====== EXTRACTED DATA ======

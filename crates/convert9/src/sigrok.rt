//! A capture of what sigrok-cli's decoder `uart` prints of both wires, with sample numbers: `uart-1` is the controller, `uart-2` the
//! deck.
//!
//! A byte's time is that of its first sample in the export, which is where the start bit ends, cut to whole microseconds.

use crate::digits::{byte_of, number_of, number_up_to, signed, split_digits};
use crate::fault::{ConvertFault, refused_words};
use crate::kept::{Kept, Ties};
use crate::lines::{Line, Lines};
use crate::range::TimeRange;
use capture9::Wire;
use itoa::Buffer;
use std::alloc::Global;
use std::io::{Read, Write};

/// What the words say of an export of sigrok-cli, as they stand.
#[derive(Clone, Copy)]
pub struct SigrokWords<'a> {
    /// The recording's number of samples a second, from 1 to 1,000,000,000; a `k`, `m` or `g` behind it stands for thousands, millions or
    /// thousands of millions, as in sigrok-cli's own words.
    pub samplerate: Option<&'a [u8]>,
    /// The first time that is converted, in seconds from the first sample on.
    pub from: Option<&'a [u8]>,
    /// The time from which on nothing is converted.
    pub to: Option<&'a [u8]>,
}

/// The most samples a second.
const MOST_SAMPLES: u64 = 1_000_000_000;

/// How often a second the eight data bits of a byte fit in, at 38,400 bits a second.
const BYTES_A_SECOND: i64 = 4800;

/// By how many samples a byte's length may be off, whatever the rate.
const SAMPLES_OFF: i64 = 2;

/// How long after a byte's first bit a line about damage to that byte may come at most, in microseconds: the parity bit comes eight bits
/// after it, and the stop bit nine, 234 microseconds.
const MARKED_US: i64 = 247;

/// What sigrok-cli prints in a line.
#[derive(Clone, Copy)]
struct Annotation<'a> {
    first_sample: u64,
    last_sample: u64,
    wire: Wire,
    what: &'a [u8],
}

/// What was read of an export.
#[derive(Drop)]
struct Export {
    samplerate: u64,
    range: TimeRange,
    kept: Kept,
    /// The time of the last byte on each wire, also of one outside the range.
    controller_us: Option<i64>,
    deck_us: Option<i64>,
}

/// Reads an export of sigrok-cli, and writes the capture. Where it is refused nothing is written.
pub fn convert_sigrok<R: Read + Drop, W: Write + Drop>(
    alloc: Global,
    reader: R,
    writer: W,
    words: SigrokWords<'_>,
) -> Result<(), ConvertFault> {
    let samplerate = check_samplerate(alloc, words.samplerate)?;
    let range = match TimeRange::named(words.from, words.to) {
        Ok(range) => range,
        Err(wrong) => return Err(refused_words(alloc, 0, wrong, b"")),
    };
    let mut export = Export {
        samplerate,
        range,
        kept: Kept::new(alloc),
        controller_us: None,
        deck_us: None,
    };
    let mut lines = Lines::of(alloc, reader)?;
    for _ in 0..u64::MAX {
        if !lines.read_next()? {
            break;
        }
        export.take(lines.line())?;
    }
    export
        .kept
        .write(writer, lines.line(), range, Ties::ControllerFirst)
}

/// The number of samples a second that a word names, or what is wrong with it.
fn check_samplerate(alloc: Global, word: Option<&[u8]>) -> Result<u64, ConvertFault> {
    let word = word.unwrap_or(b"");
    if word.is_empty() {
        let missing =
            "--samplerate N is missing: the recording's samples a second, such as 2000000 or 2m";
        return Err(refused_words(alloc, 0, missing, b""));
    }
    match samplerate_of(word) {
        Some(samplerate) => Ok(samplerate),
        None => {
            let wrong =
                "--samplerate is no whole number from 1 to 1000000000, such as 2000000 or 2m: ";
            Err(refused_words(alloc, 0, wrong, word))
        }
    }
}

/// The number of samples a second that a word names.
fn samplerate_of(word: &[u8]) -> Option<u64> {
    let (digits, times) = match word {
        [digits @ .., b'k' | b'K'] => (digits, 1_000),
        [digits @ .., b'm' | b'M'] => (digits, 1_000_000),
        [digits @ .., b'g' | b'G'] => (digits, 1_000_000_000),
        digits => (digits, 1),
    };
    let samples = number_up_to(digits, MOST_SAMPLES)?.saturating_mul(times);
    (samples <= MOST_SAMPLES).then_some(samples)
}

impl Export {
    /// Takes the next line.
    fn take(&mut self, line: Line<'_>) -> Result<(), ConvertFault> {
        let Some(annotation) = annotation_of(line.text) else {
            return Err(line.refused("unknown line: "));
        };
        if let Some(byte) = byte_of(annotation.what) {
            return self.take_byte(line, annotation, byte);
        }
        let first_us = self.time_of(annotation.first_sample);
        let is_damage = match annotation.what {
            b"Parity error" | b"Frame error" => self
                .range
                .holds(self.marked_us(annotation.wire, first_us)),
            b"Break condition" => self.reaches(first_us, self.time_of(annotation.last_sample)),
            _ => return Err(line.refused("unknown line: ")),
        };
        if is_damage {
            return Err(line.refused("a damaged byte: "));
        }
        Ok(())
    }

    /// Takes a byte.
    fn take_byte(
        &mut self,
        line: Line<'_>,
        annotation: Annotation<'_>,
        byte: u8,
    ) -> Result<(), ConvertFault> {
        let time_us = self.time_of(annotation.first_sample);
        match annotation.wire {
            Wire::Controller => self.controller_us = Some(time_us),
            Wire::Deck => self.deck_us = Some(time_us),
        }
        if !self.range.holds(time_us) {
            return Ok(());
        }
        self.check_length(line, annotation)?;
        self.kept
            .keep(time_us, annotation.wire, byte)
            .map_err(|fault| line.unkept(fault))
    }

    /// Refuses a byte that is too long or too short. It is drawn over its eight data bits, 208 microseconds. Where it is off by more
    /// than 2 percent and two samples, the rate is wrong, and so would be every time.
    fn check_length(&self, line: Line<'_>, annotation: Annotation<'_>) -> Result<(), ConvertFault> {
        let samples = signed(annotation.last_sample).saturating_sub(signed(
            annotation.first_sample,
        ));
        let samplerate = signed(self.samplerate);
        let off_by = samples
            .saturating_mul(BYTES_A_SECOND)
            .saturating_sub(samplerate)
            .saturating_abs();
        let is_off = off_by.saturating_mul(50) > samplerate
            && off_by > SAMPLES_OFF * BYTES_A_SECOND;
        if !is_off {
            return Ok(());
        }
        let us = samples
            .saturating_mul(1_000_000)
            .checked_div(samplerate)
            .unwrap_or(0);
        let mut what = String::from_str(line.alloc, "a byte lasts ")?;
        what.push_str(Buffer::new().format(us))?;
        what.push_str(" us where 208 are expected: is the rate wrong?")?;
        Err(line.refused_unshown(what.as_str()))
    }

    /// The time of a sample, in microseconds. Whole seconds are apart from the rest, so that every product is exact.
    fn time_of(&self, sample: u64) -> i64 {
        let samplerate = self.samplerate.max(1);
        let seconds = sample / samplerate;
        let rest_us = (sample % samplerate).saturating_mul(1_000_000) / samplerate;
        signed(seconds.saturating_mul(1_000_000).saturating_add(rest_us))
    }

    /// The time of the damaged byte that an error of this time is about; the error's own time, where that byte is not in the export.
    fn marked_us(&self, wire: Wire, first_us: i64) -> i64 {
        let last_us = match wire {
            Wire::Controller => self.controller_us,
            Wire::Deck => self.deck_us,
        };
        match last_us {
            Some(last_us) if (0..MARKED_US).contains(&first_us.saturating_sub(last_us)) => last_us,
            _ => first_us,
        }
    }

    /// Whether any part of what goes on from one time to the other lies in the range.
    fn reaches(&self, first_us: i64, last_us: i64) -> bool {
        let range = self.range;
        range.from_us.is_none_or(|from_us| last_us > from_us)
            && range.to_us.is_none_or(|to_us| first_us < to_us)
    }
}

/// What a line says: `5613-5666 uart-2: Parity error`.
fn annotation_of(line: &[u8]) -> Option<Annotation<'_>> {
    let (first, rest) = split_digits(line);
    let (last, rest) = split_digits(rest.strip_prefix(b"-")?);
    if first.is_empty() || last.is_empty() {
        return None;
    }
    let (wire, what) = match rest.strip_prefix(b" uart-")? {
        [b'1', b':', b' ', what @ ..] => (Wire::Controller, what),
        [b'2', b':', b' ', what @ ..] => (Wire::Deck, what),
        _ => return None,
    };
    Some(Annotation {
        first_sample: number_of(first),
        last_sample: number_of(last),
        wire,
        what,
    })
}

======

* **AIM OF THE TASK**: Wherever a line in the material contains "TimeRange", count it; the answer is the number alone.

* **OUTPUT OF THE EXERCISE**: 3